Maybe this is the spring cleaning, the kick in the butt that I need to finally clear out this bad habit…for good. I definitely don’t need it cluttering up my closet anymore.

This post is part of the 2015 Diabetes Blog Week. Today’s topic: Yesterday we kept stuff in, so today let’s clear stuff out.  What is in your diabetic closet that needs to be cleaned out?  This can be an actual physical belonging, or it can be something you’re mentally or emotionally hanging on to.  Why are you keeping it and why do you need to get rid of it?

2015 Diabetes Blog Week Day 2- Keep it to yourself

Diabetes Blog Week

There’s one aspect of my diabetes that I’ve kept hidden, hidden from the Internet and online community, hidden from my friends and family, and in many ways, even hidden from myself. What have I hidden for so long?

My fear.

When I started this blog over a year ago, I stumbled on a blog post from Six Until Me from a couple years ago about PostSecret. Kerri asked her readers, “What would be your PostSecret submission?” A lot of people responded with different “secrets” that they had, but one really struck me. This anonymous poster’s secret is my own biggest fear, one that until now I have never told anyone.

“I feel that despite my best efforts, I will still end up suffering with complications, and I will have to live with the guilt of feeling like I did it to myself.”


This is probably the biggest internal struggle that I have. I know that keeping my blood sugar in control now will help me to avoid future complications. This is not a hard concept for me to understand. Yet, my A1c is consistently higher than I want it and higher than the recommended number to avoid complications. So the obvious answer is, lower it! Get it under control! It seems so easy, but it’s not. Every single day presents the struggle of keeping my numbers in range. Every. Single. Day. I have good days and I have bad, but I am trying.

I often wonder if I am too late, have I already done irreversible damage to my body? And who will I have to blame except myself if something does happen? Even with good control, it’s still quite possible to develop complications as I have read from other diabetic’s experiences. Then what? How do I explain that? How do you avoid the guilt and the blame and the “could have’s”? I know that I would be saying to myself, “you could have prevented this, you could have done more, you could have done better.” Maybe that isn’t true though.

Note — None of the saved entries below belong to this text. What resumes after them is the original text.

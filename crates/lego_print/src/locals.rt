//! The enclosing local variables of what is printed.
ghost use Rattle.std.specs.Prelude.{◌≡◌, [], ◌∷◌, None, Some, false, drop, length, option_and_then, unwrap_or, IfSome, OnOk, slice_get};
ghost use Rattle.std.specs.List.{list_any};
ghost use Rattle.lego_print.specs.Names.{is_printed_as};
ghost use Rattle.lego_print.specs.private.Numbered.{numbered_frame, printed};
ghost use Rattle.lego_print.specs.private.Counted.{IsAmong};

use indexmap::IndexSet;
use std::alloc::{AllocError, Global};
use std::marker::Model;

/// More than memory can hold.
const MAX_LOCALS: usize = 0xFFFF_FFFF;

/// A printed name: the wished name and a number.
#[derive(Drop)]
pub(crate) struct Frame {
    pub text: Vec<u8>,
    pub wished: Option<u32>,
    pub number: u64,
}

/// The local variables around a term, which contracts see with the innermost first. The
/// variable of an arrow or a `#` has no printed name; the printed names differ.
#[derive(Drop)]
pub(crate) struct Locals {
    alloc: Global,
    frames: Vec<Option<Frame>>,
    texts: IndexSet<Vec<u8>>,
}

impl Model for Locals {
    ghost use Rattle.std.specs.Prelude.{◌≡◌, ◌≤◌, List, Option, map, vec_len};
    ghost use Rattle.lego_print.specs.declared.locals.TheConstants.{MAX_LOCALS};
    ghost use Rattle.lego_print.specs.private.Numbered.{Numbered, locals_of, frame_texts};
    ghost use Rattle.lego_print.specs.private.NumberedCode.{locals_code};

    ghost Value = { List (Option Numbered) };

    ghost coded = { locals_code };

    ghost view = { λ l. locals_of l.frames.items };

    ghost invariant = { λ l. (map (λ text. text.items) l.texts.keys ≡ frame_texts l.frames.items) × (vec_len l.frames ≤ MAX_LOCALS) };
}

impl Locals {
    pub fn new(alloc: Global) -> Locals
        ensures { result ≡ [] }
    {
        Locals {
            alloc,
            frames: Vec::new(alloc),
            texts: IndexSet::new(alloc),
        }
    }

    /// How many local variables there are.
    pub fn len(&self) -> u32
        ensures { result ≡ length self.now }
    {
        self.frames.len() as u32
    }

    /// Whether a local variable has the printed name.
    pub fn has_text(&self, text: &[u8]) -> bool
        ensures { result ≡ list_any (is_printed_as text.now) (printed self.now) }
    {
        self.texts.get_index_of(text).is_some()
    }

    /// The printed name of the local variable of an index; nothing where it has none.
    pub fn text(&self, index: u32) -> &[u8]
        ensures { result.now ≡ unwrap_or (option_and_then (λ text. text) (slice_get (printed self.now) index)) [] }
    {
        let index = index as usize;
        if index >= self.frames.len() {
            return b"";
        }
        match &self.frames[self.frames.len() - 1 - index] {
            Some(frame) => frame.text.as_slice(),
            None => b"",
        }
    }

    /// The frame at a place from outside, if it has the wished name.
    pub fn wishing(&self, place: usize, wished: Option<u32>) -> Option<&Frame>
        ensures { IfSome result (λ frame. IsAmong self.now (numbered_frame frame.now) × (frame.now.wished ≡ wished)) }
    {
        if place >= self.frames.len() {
            return None;
        }
        match &self.frames[place] {
            Some(frame) if frame.wished == wished => Some(frame),
            _ => None,
        }
    }

    /// Goes under a binder without a printed name.
    pub fn enter_unnamed(&mut self) -> Result<(), AllocError>
        ensures { OnOk result (self.new ≡ None ∷ self.old) }
    {
        if self.frames.len() == MAX_LOCALS {
            return Err(AllocError);
        }
        self.frames.push(None)?;
        Ok(())
    }

    /// Goes under a binder with a printed name that is not in use.
    pub fn enter(&mut self, frame: Frame) -> Result<(), AllocError>
        requires { list_any (is_printed_as frame.text.items) (printed self.old) ≡ false }
        ensures { OnOk result (self.new ≡ Some (numbered_frame frame) ∷ self.old) }
    {
        if self.frames.len() == MAX_LOCALS {
            return Err(AllocError);
        }
        let text = Vec::from_slice(self.alloc, frame.text.as_slice())?;
        self.frames.reserve(1)?;
        let Ok(_) = self.texts.insert(text) else {
            return Err(AllocError);
        };
        let Ok(()) = self.frames.push(Some(frame)) else {
            unreachable!()
        };
        Ok(())
    }

    /// Leaves the innermost binder.
    pub fn leave(&mut self)
        ensures { self.new ≡ drop 1 self.old }
    {
        match self.frames.pop() {
            Some(Some(_frame)) => {
                let _text = self.texts.pop();
            }
            Some(None) => {}
            None => {}
        }
    }
}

In many ways I’m afraid of the future. But I hide that fear among my hope and optimism. I bury it under the long list of things that I have to do each day to manage my diabetes and live my life. I know that I can’t live my life in fear, I have to just live each day the best that I can and cross each complicated bridge when and if I get there.

This post is part of the 2015 Diabetes Blog Week. Today’s topic: Many of us share lots of aspects of our diabetes lives online for the world to see.  What are some of the aspects of diabetes that you choose to keep private from the internet?  Or from your family and friends?  Why is it important to keep it to yourself?